● WHAT THIS TASK INVOLVES: Copy every line from the records that holds the word "specs".

*** DATASET EXCERPTS Section Begins ***

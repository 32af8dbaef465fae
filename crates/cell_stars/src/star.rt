//! The cells of a star and of a bucket, one after another, without memory.

ghost use Rattle.std.specs.Prelude.{◌≡◌, None, Some, MatchOption, false};
ghost use Rattle.std.specs.Ordering.{is_lt};
ghost use Rattle.point_order.specs.CellOrder.{cell_cmp};
ghost use Rattle.cell_stars.specs.Places.{is_after, IsLeastBehind, HaveNone, at_slot};

use crate::order::compare;
use crate::slots::{Slot, cell_at};
use point_order::Cell;

/// The cells at a point, in ascending order. Each is found by a look at all of them.
#[derive(Clone, Copy, Debug)]
pub struct Star<'a> {
    pub(crate) slots: &'a [Slot],
    pub(crate) star: &'a [u32],
    pub(crate) bound: Option<Cell>,
}

/// The cells at a point, each once, in any order.
#[derive(Clone, Copy, Debug)]
pub struct StarCells<'a> {
    pub(crate) slots: &'a [Slot],
    pub(crate) star: &'a [u32],
    pub(crate) last: u32,
}

/// The cells of a bucket, each once, in any order.
#[derive(Clone, Copy, Debug)]
pub struct BucketCells<'a> {
    pub(crate) slots: &'a [Slot],
}

// Whether the cell is behind the bound.
fn is_behind(bound: &Option<Cell>, cell: &Cell) -> bool
    ensures { result ≡ is_after bound.now cell.now }
{
    match bound {
        None => true,
        Some(b) => compare(b, cell).is_lt(),
    }
}

// Whether there is a cell, and it is before the other.
fn is_before(least: Option<&Cell>, cell: &Cell) -> bool
    ensures { MatchOption least.entry (result ≡ false) (λ c. result ≡ is_lt (cell_cmp c.now cell.now)) }
{
    match least {
        None => false,
        Some(c) => compare(c, cell).is_lt(),
    }
}

// The least cell behind the bound at one of the places.
fn least_behind<'a>(slots: &'a [Slot], star: &[u32], bound: &Option<Cell>) -> Option<&'a Cell>
    ensures { MatchOption result (HaveNone slots.now star.now bound.now)
        (λ c. IsLeastBehind slots.now star.now bound.now c.now) }
{
    let mut least: Option<&Cell> = None;
    for i in star {
        if let Some(cell) = cell_at(slots, *i) {
            if is_behind(bound, cell) && !is_before(least, cell) {
                least = Some(cell);
            }
        }
    }
    least
}

impl<'a> Iterator for Star<'a> {
    type Item = &'a Cell;

    ghost use Rattle.std.specs.Iterator.{YieldsFirstRef, item_count};
    ghost use Rattle.cell_stars.specs.Stars.{cells_left};

    ghost next_gives = { YieldsFirstRef cells_left };

    ghost remaining = { item_count cells_left };

    fn next(&mut self) -> Option<&'a Cell> {
        let least = least_behind(self.slots, self.star, &self.bound);
        if let Some(cell) = least {
            self.bound = Some(*cell);
        }
        least
    }
}

impl StarCells<'_> {
    /// Where the cell that came last stands. No clause speaks of it.
    pub fn place(&self) -> u32 {
        self.last
    }
}

impl<'a> Iterator for StarCells<'a> {
    type Item = &'a Cell;

    ghost use Rattle.std.specs.Iterator.{YieldsFirstRef, item_count};
    ghost use Rattle.cell_stars.specs.Stars.{cells_around};

    ghost next_gives = { YieldsFirstRef cells_around };

    ghost remaining = { item_count cells_around };

    fn next(&mut self) -> Option<&'a Cell> {
        while let Some((first, others)) = self.star.split_first() {
            self.star = others;
            self.last = *first;
            if let Some(cell) = cell_at(self.slots, *first) {
                return Some(cell);
            }
        }
        None
    }
}

impl<'a> Iterator for BucketCells<'a> {
    type Item = &'a Cell;

    ghost use Rattle.std.specs.Iterator.{YieldsFirstRef, item_count};
    ghost use Rattle.cell_stars.specs.Stars.{cells_to_come};

    ghost next_gives = { YieldsFirstRef cells_to_come };

    ghost remaining = { item_count cells_to_come };

    fn next(&mut self) -> Option<&'a Cell> {
        while let Some((first, others)) = self.slots.split_first() {
            self.slots = others;
            if let Some(cell) = first.cell() {
                return Some(cell);
            }
        }
        None
    }
}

*** DATASET EXCERPTS Section Ends ***

● TASK ANSWER:
ghost use Rattle.std.specs.Prelude.{◌≡◌, None, Some, MatchOption, false};
ghost use Rattle.std.specs.Ordering.{is_lt};
ghost use Rattle.point_order.specs.CellOrder.{cell_cmp};
ghost use Rattle.cell_stars.specs.Places.{is_after, IsLeastBehind, HaveNone, at_slot};
    ghost use Rattle.std.specs.Iterator.{YieldsFirstRef, item_count};
    ghost use Rattle.cell_stars.specs.Stars.{cells_left};
    ghost use Rattle.std.specs.Iterator.{YieldsFirstRef, item_count};
    ghost use Rattle.cell_stars.specs.Stars.{cells_around};
    ghost use Rattle.std.specs.Iterator.{YieldsFirstRef, item_count};
    ghost use Rattle.cell_stars.specs.Stars.{cells_to_come};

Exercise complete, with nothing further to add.